_Your instructions_: In the lines below, look for "branches". Copy each line where it appears.
*** Data ***
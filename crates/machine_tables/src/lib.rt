//! The tables of the IBM 1401. Its operations have a row each, with its character, its mnemonic, and what
//! its instructions look like.
//!
//! ```text
//! let add = Operation::from_char(char)?;  // of A: Operation::Add
//! add.has_length(7)                       // true: with two addresses
//! add.mnemonic()                          // "A    "
//! ```
//!
//! What the console panel of the IBM 1401 shows: the registers and indicators, the sense switches, and why the machine
//! stopped; and what a machine can be fitted with.
//!
//! ```text
//! Stop::Halt.number()                     // 2
//! Stop::Halt.name()                       // "HALT"
//! SwitchName::G.number()                  // 6: the last of seven
//! Features::NONE.with(Feature::Lengths)   // halts of any length, and chained branches
//! ```
#![tactic(auto)]

// columns of the table: the mnemonics, and the lengths of instructions
mod lengths;
pub mod mnemonics;

// the table, and what is asked of it
pub mod operation;

// the operations of features that a machine hasn't got at power-on, and what features make of instructions
pub mod fitted;
pub mod unfitted;

// the names of tape units in them
pub mod tape_unit;

// what an operator reads, and turns
pub mod regs;
pub mod switch_name;

// why the machine stopped
pub mod stop;

// what the machine has apart from its own operations
pub mod features;

pub use features::{Feature, Features};
pub use fitted::{Fitted, fitted_in, is_fitted_with};
pub use operation::{Operation, is_fitted, longest_at};
pub use regs::Regs;
pub use stop::Stop;
pub use switch_name::SwitchName;
pub use tape_unit::{TAPE_UNITS, TapeUnit, tape_unit_named};
pub use unfitted::{is_unfitted, mnemonic_at};
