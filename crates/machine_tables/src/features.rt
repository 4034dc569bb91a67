//! What a machine can be fitted with in addition to the operations that it always has.
ghost use Rattle.std.specs.Prelude.{◌≡◌, true, Some, IfSome};
ghost use Rattle.machine_tables.specs.Features.{are_some, feature_name, feature_named, has_feature, with_feature};

/// A feature that a machine can be fitted with (A24-1403, "Special Features", from memory; which operation belongs to
/// which is own where it says so).
#[derive(Clone, Copy, Debug, PartialEq, Eq)]
pub enum Feature {
    /// `@` multiplies and `%` divides.
    Multiply,
    /// `P` moves a record, from left to right.
    MoveRecord,
    /// `#` adds to an address.
    ModifyAddress,
    /// `W` branches if a character and the d-character have a bit in common.
    BitTest,
    /// More lengths of operations that every machine has (own): `B` and `V` of one character, `H` of seven and of one,
    /// `Q` of one, and halts of any length.
    Lengths,
    /// `8` and `9` start the feeds, which takes no time here (own).
    ReadPunchRelease,
    /// `M` and `L` of eight characters read and write tape, and `U` controls a tape unit.
    Tapes,
}

impl Feature {
    /// All of them.
    pub const ALL: [Feature; 7] = [
        Feature::Multiply,
        Feature::MoveRecord,
        Feature::ModifyAddress,
        Feature::BitTest,
        Feature::Lengths,
        Feature::ReadPunchRelease,
        Feature::Tapes,
    ];

    /// Its name, as a user writes it (own).
    #[tactic(auto, unfolding(crate::specs::Features::feature_named))]
    pub fn name(self) -> &'static str
        ensures value { result.now ≡ feature_name self }

        // No other feature has this name.
        ensures own { feature_named result.now ≡ Some self }
    {
        match self {
            Feature::Multiply => "multiply",
            Feature::MoveRecord => "move-record",
            Feature::ModifyAddress => "modify-address",
            Feature::BitTest => "bit-test",
            Feature::Lengths => "lengths",
            Feature::ReadPunchRelease => "read-punch-release",
            Feature::Tapes => "tapes",
        }
    }

    /// The feature of this name; `None` if none has it.
    ///
    /// ```text
    /// Feature::from_name("bit-test")          // Some(Feature::BitTest)
    /// Feature::from_name("disks")             // None
    /// ```
    #[tactic(auto, unfolding(crate::specs::Features::feature_named))]
    pub fn from_name(name: &str) -> Option<Feature>
        ensures value { result ≡ feature_named name.now }
        ensures name { IfSome result (λ feature. feature_name feature ≡ name.now) }
    {
        Feature::ALL
            .iter()
            .copied()
            .find(|feature| feature.name() == name)
    }
}

/// The features that a machine is fitted with.
///
/// ```text
/// Features::NONE.has(Feature::Lengths)                            // false
/// Features::NONE.with(Feature::Lengths).has(Feature::Lengths)     // true
/// ```
#[derive(Clone, Copy, Debug, PartialEq, Eq)]
pub struct Features {
    /// Whether `Feature::Multiply` is among them.
    pub multiply: bool,
    /// Whether `Feature::MoveRecord` is.
    pub move_record: bool,
    /// Whether `Feature::ModifyAddress` is.
    pub modify_address: bool,
    /// Whether `Feature::BitTest` is.
    pub bit_test: bool,
    /// Whether `Feature::Lengths` is.
    pub lengths: bool,
    /// Whether `Feature::ReadPunchRelease` is.
    pub read_punch_release: bool,
    /// Whether `Feature::Tapes` is.
    pub tapes: bool,
}

impl Features {
    /// No feature: what a machine has at power-on.
    pub const NONE: Features = Features {
        multiply: false,
        move_record: false,
        modify_address: false,
        bit_test: false,
        lengths: false,
        read_punch_release: false,
        tapes: false,
    };

    /// Each feature that there is.
    pub const ALL: Features = Features {
        multiply: true,
        move_record: true,
        modify_address: true,
        bit_test: true,
        lengths: true,
        read_punch_release: true,
        tapes: true,
    };

    /// Whether a feature is among them.
    pub fn has(self, feature: Feature) -> bool
        ensures { result ≡ has_feature self feature }
    {
        match feature {
            Feature::Multiply => self.multiply,
            Feature::MoveRecord => self.move_record,
            Feature::ModifyAddress => self.modify_address,
            Feature::BitTest => self.bit_test,
            Feature::Lengths => self.lengths,
            Feature::ReadPunchRelease => self.read_punch_release,
            Feature::Tapes => self.tapes,
        }
    }

    /// Whether there is a feature among them.
    pub fn are_some(self) -> bool
        ensures { result ≡ are_some self }
    {
        Feature::ALL.iter().any(|feature| self.has(*feature))
    }

    /// These, and a feature that may be among them already.
    pub fn with(self, feature: Feature) -> Features
        ensures value { result ≡ with_feature self feature }
        ensures has { has_feature result feature ≡ true }
    {
        let mut features = self;
        match feature {
            Feature::Multiply => features.multiply = true,
            Feature::MoveRecord => features.move_record = true,
            Feature::ModifyAddress => features.modify_address = true,
            Feature::BitTest => features.bit_test = true,
            Feature::Lengths => features.lengths = true,
            Feature::ReadPunchRelease => features.read_punch_release = true,
            Feature::Tapes => features.tapes = true,
        }
        features
    }
}
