//! The registers and indicators of the machine, as an operator reads them.

/// What an operator reads from the machine apart from its storage.
#[derive(Clone, Copy, Debug, PartialEq, Eq)]
pub struct Regs {
    /// The I register: the address of the next instruction, below 16,000.
    pub i: u16,
    /// The A register, below 16,000.
    pub a: u16,
    /// The B register, below 16,000.
    pub b: u16,
    /// Whether the last compare found its fields unequal.
    pub unequal: bool,
    /// Whether it found the B field low.
    pub low: bool,
    /// Whether it found the B field high.
    pub high: bool,
    /// Whether a sum was too large since this was last tested.
    pub overflow: bool,
    /// The sense switches A to G.
    pub switches: [bool; 7],
    /// How many cards lie in the hopper, at most 500.
    pub hopper: u16,
    /// How many punched cards lie in the stacker, at most 500.
    pub stacker: u16,
    /// How many printed lines are not yet taken, at most 500.
    pub paper: u16,
    /// The form at the carriage, 1 to 9,999, and 0 after that.
    pub form: u16,
    /// The line of the form at the carriage, 1 to 66.
    pub line: u8,
}
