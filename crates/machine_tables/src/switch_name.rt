//! The sense switches by their letters.
ghost use Rattle.std.specs.Prelude.{◌≡◌, ◌<◌};
ghost use Rattle.machine_tables.specs.SwitchName.{switch_number};

/// A sense switch (A24-1403, "Sense Switches").
#[derive(Clone, Copy, Debug, PartialEq, Eq)]
pub enum SwitchName {
    /// Switch A, which the last card looks at.
    A,
    /// Switch B.
    B,
    /// Switch C.
    C,
    /// Switch D.
    D,
    /// Switch E.
    E,
    /// Switch F.
    F,
    /// Switch G.
    G,
}

impl SwitchName {
    /// Which of the machine's switches it is: 0 for A to 6 for G.
    pub fn number(self) -> u8
        ensures value { result ≡ switch_number self }
        ensures range { result < 7 }
    {
        match self {
            SwitchName::A => 0,
            SwitchName::B => 1,
            SwitchName::C => 2,
            SwitchName::D => 3,
            SwitchName::E => 4,
            SwitchName::F => 5,
            SwitchName::G => 6,
        }
    }
}
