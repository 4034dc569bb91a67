//! What features make of instructions: the table, and what is asked of it.
ghost use Rattle.std.specs.Prelude.{◌≡◌, ◌==◌, ◌<◌, ◌≤◌, find};
ghost use Rattle.std.specs.List.{list_any};
ghost use Rattle.machine_tables.specs.Fitted.{claims, fitted_in, fitted_lengths, fitted_rows, is_fitted_with};
ghost use Rattle.machine_tables.specs.Fitted.{is_for_tape, is_operation};

use crate::operation::is_fitted;
use crate::{Feature, Features};

/// What a feature makes of an instruction.
#[derive(Clone, Copy, PartialEq, Eq)]
pub enum Fitted {
    /// `B` or `V` of eight characters: as ever, and its d-character stays.
    OnCell,
    /// `W` of eight: branches if the character at b and the d-character share a bit.
    OnBits,
    /// `B` of one: goes on with the d-character that was kept.
    CharacterAgain,
    /// `V` of one: the same.
    CellAgain,
    /// `W` of one: the same.
    BitsAgain,
    /// `Q` of one: stores the A register at the A register.
    StoreA,
    /// `H` of one: stores the B register at the A register.
    StoreB,
    /// `H` of seven: stores its second address at its first.
    StoreSecond,
    /// `.` of more lengths: halts.
    Halt,
    /// `8` or `9`: starts a feed, which takes no time here.
    Feed,
    /// `@`: multiplies.
    Multiply,
    /// `%`: divides.
    Divide,
    /// `P`: moves a record.
    MoveRecord,
    /// `#`: adds to an address.
    ModifyAddress,
    /// `M` of eight: reads or writes a record of tape.
    MoveTape,
    /// `L` of eight: the same, with word marks.
    LoadTape,
    /// `U`: controls a tape unit.
    ControlTape,
    /// The operation has no such length.
    NoLength,
}

/// The lengths of a row.
#[derive(Clone, Copy, PartialEq, Eq)]
pub enum FittedLengths {
    /// 1.
    One,
    /// 1, 4 or 7: no address, one or two.
    OneFourSeven,
    /// 5: a unit and a d-character.
    Five,
    /// 7: two addresses.
    Seven,
    /// 8: two addresses, or a unit and an address, and a d-character.
    Eight,
    /// 2, 3, and 5 to 8.
    NotOneOrFour,
    /// 1 to 8.
    Any,
}

impl Fitted {
    /// Whether a machine with these features carries out an instruction that one of them claims so.
    fn is_operation(self, features: Features) -> bool
        ensures { result ≡ is_operation features self }
    {
        match self {
            Fitted::NoLength => false,
            Fitted::BitsAgain => features.lengths,
            _ => true,
        }
    }

    /// Whether it is for a tape unit.
    pub fn is_for_tape(self) -> bool
        ensures { result ≡ is_for_tape self }
    {
        matches!(
            self,
            Fitted::MoveTape | Fitted::LoadTape | Fitted::ControlTape
        )
    }
}

impl FittedLengths {
    /// Whether this is one of them.
    fn has(self, len: u32) -> bool
        ensures { result ≡ list_any (λ each. each == len) (fitted_lengths self) }
    {
        match self {
            FittedLengths::One => len == 1,
            FittedLengths::OneFourSeven => len == 1 || len == 4 || len == 7,
            FittedLengths::Five => len == 5,
            FittedLengths::Seven => len == 7,
            FittedLengths::Eight => len == 8,
            FittedLengths::NotOneOrFour => len == 2 || len == 3 || 5 <= len && len <= 8,
            FittedLengths::Any => 1 <= len && len <= 8,
        }
    }
}

/// A row of the table: the graphic of the operation's character, the lengths, the feature that they belong to, and what
/// it makes of them.
type FittedRow = (u8, FittedLengths, Feature, Fitted);

/// The table. The first row that claims an instruction says what is made of it, so a row of any length, the last of its
/// graphic, refuses the others.
static ROWS: [FittedRow; 27] = [
    (b'B', FittedLengths::Eight, Feature::Lengths, Fitted::OnCell),
    (
        b'B',
        FittedLengths::One,
        Feature::Lengths,
        Fitted::CharacterAgain,
    ),
    (b'V', FittedLengths::Eight, Feature::Lengths, Fitted::OnCell),
    (
        b'V',
        FittedLengths::One,
        Feature::Lengths,
        Fitted::CellAgain,
    ),
    (b'W', FittedLengths::Eight, Feature::BitTest, Fitted::OnBits),
    (
        b'W',
        FittedLengths::One,
        Feature::BitTest,
        Fitted::BitsAgain,
    ),
    (b'W', FittedLengths::Any, Feature::BitTest, Fitted::NoLength),
    (b'Q', FittedLengths::One, Feature::Lengths, Fitted::StoreA),
    (b'H', FittedLengths::One, Feature::Lengths, Fitted::StoreB),
    (
        b'H',
        FittedLengths::Seven,
        Feature::Lengths,
        Fitted::StoreSecond,
    ),
    (
        b'.',
        FittedLengths::NotOneOrFour,
        Feature::Lengths,
        Fitted::Halt,
    ),
    (
        b'8',
        FittedLengths::One,
        Feature::ReadPunchRelease,
        Fitted::Feed,
    ),
    (
        b'8',
        FittedLengths::Any,
        Feature::ReadPunchRelease,
        Fitted::NoLength,
    ),
    (
        b'9',
        FittedLengths::One,
        Feature::ReadPunchRelease,
        Fitted::Feed,
    ),
    (
        b'9',
        FittedLengths::Any,
        Feature::ReadPunchRelease,
        Fitted::NoLength,
    ),
    (
        b'@',
        FittedLengths::OneFourSeven,
        Feature::Multiply,
        Fitted::Multiply,
    ),
    (
        b'@',
        FittedLengths::Any,
        Feature::Multiply,
        Fitted::NoLength,
    ),
    (
        b'%',
        FittedLengths::OneFourSeven,
        Feature::Multiply,
        Fitted::Divide,
    ),
    (
        b'%',
        FittedLengths::Any,
        Feature::Multiply,
        Fitted::NoLength,
    ),
    (
        b'P',
        FittedLengths::OneFourSeven,
        Feature::MoveRecord,
        Fitted::MoveRecord,
    ),
    (
        b'P',
        FittedLengths::Any,
        Feature::MoveRecord,
        Fitted::NoLength,
    ),
    (
        b'#',
        FittedLengths::OneFourSeven,
        Feature::ModifyAddress,
        Fitted::ModifyAddress,
    ),
    (
        b'#',
        FittedLengths::Any,
        Feature::ModifyAddress,
        Fitted::NoLength,
    ),
    (b'M', FittedLengths::Eight, Feature::Tapes, Fitted::MoveTape),
    (b'L', FittedLengths::Eight, Feature::Tapes, Fitted::LoadTape),
    (
        b'U',
        FittedLengths::Five,
        Feature::Tapes,
        Fitted::ControlTape,
    ),
    (b'U', FittedLengths::Any, Feature::Tapes, Fitted::NoLength),
];

/// The table.
fn table() -> &'static [FittedRow]
    ensures { result.now ≡ fitted_rows }
{
    &ROWS
}

/// Whether a row claims an instruction with this graphic and this length, on a machine with these features.
fn claims(features: Features, graphic: u8, len: u32, row: &FittedRow) -> bool
    ensures { result ≡ claims features graphic len row.now }
{
    row.0 == graphic && row.1.has(len) && features.has(row.2)
}

/// The first row that claims it.
fn row_in(rows: &[FittedRow], features: Features, graphic: u8, len: u32) -> Option<FittedRow>
    ensures { result ≡ find (claims features graphic len) rows.now }
{
    rows.iter()
        .copied()
        .find(|row| claims(features, graphic, len, row))
}

/// What these features make of an instruction with this graphic and this length; `None` if none claims it.
pub fn fitted_in(features: Features, graphic: u8, len: u32) -> Option<Fitted>
    ensures { result ≡ fitted_in features graphic len }
{
    match row_in(table(), features, graphic, len) {
        Some(row) => Some(row.3),
        None => None,
    }
}

/// Whether a machine with these features carries out an instruction of the operation with this graphic and this length.
pub fn is_fitted_with(features: Features, graphic: u8, len: u32) -> bool
    ensures { result ≡ is_fitted_with features graphic len }
{
    match fitted_in(features, graphic, len) {
        Some(fitted) => fitted.is_operation(features),
        None => is_fitted(graphic, len),
    }
}
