//! The operations of features that this machine hasn't got: multiply and divide, tapes and disks, the moves of records,
//! early read and punch.
ghost use Rattle.std.specs.Prelude.{◌≡◌, ◌==◌, find};
ghost use Rattle.std.specs.List.{list_any};
ghost use Rattle.machine_tables.specs.Operation.{is_unfitted, mnemonic_at, unfitted_rows};

use crate::mnemonics::{
    BRANCH_ON_BIT, CONTROL_UNIT, DIVIDE, MODIFY_ADDRESS, MOVE_AND_INSERT_ZEROS, MOVE_RECORD,
    MULTIPLY, START_PUNCH_FEED, START_READ_FEED,
};
use crate::operation::Operation;
use bcd_1401::Char;

/// A row of the table: the graphic of the operation's character, and its mnemonic.
type Row = (u8, [u8; 5]);

/// The table.
static ROWS: [Row; 9] = [
    (b'@', MULTIPLY),
    (b'%', DIVIDE),
    (b'U', CONTROL_UNIT),
    (b'8', START_READ_FEED),
    (b'9', START_PUNCH_FEED),
    (b'P', MOVE_RECORD),
    (b'X', MOVE_AND_INSERT_ZEROS),
    (b'W', BRANCH_ON_BIT),
    (b'#', MODIFY_ADDRESS),
];

/// The table.
fn table() -> &'static [Row]
    ensures { result.now ≡ unfitted_rows }
{
    &ROWS
}

/// The row of this graphic.
fn row_in(rows: &[Row], graphic: u8) -> Option<Row>
    ensures { result ≡ find (λ row. row.0 == graphic) rows.now }
{
    rows.iter().copied().find(|row| row.0 == graphic)
}

/// Whether a row has this graphic.
fn has_row(rows: &[Row], graphic: u8) -> bool
    ensures { result ≡ list_any (λ row. row.0 == graphic) rows.now }
{
    rows.iter().any(|row| row.0 == graphic)
}

/// Whether a character is such an operation.
pub fn is_unfitted(char: Char) -> bool
    ensures { result ≡ is_unfitted char }
{
    has_row(table(), char.graphic())
}

/// The mnemonic of an operation by the graphic of its character, whether or not this machine has it: columns 16 to 20
/// of a source line.
pub fn mnemonic_at(graphic: u8) -> Option<[u8; 5]>
    ensures { result ≡ mnemonic_at graphic }
{
    if let Some(operation) = Operation::from_graphic(graphic) {
        let mnemonic = operation.mnemonic();
        return Some(mnemonic);
    }
    match row_in(table(), graphic) {
        Some(row) => {
            let mnemonic = row.1;
            Some(mnemonic)
        }
        None => None,
    }
}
*** End of Data ***
_Task response_:
//! Features::NONE.with(Feature::Lengths)   // halts of any length, and chained branches
    /// `W` branches if a character and the d-character have a bit in common.
    /// `W` of eight: branches if the character at b and the d-character share a bit.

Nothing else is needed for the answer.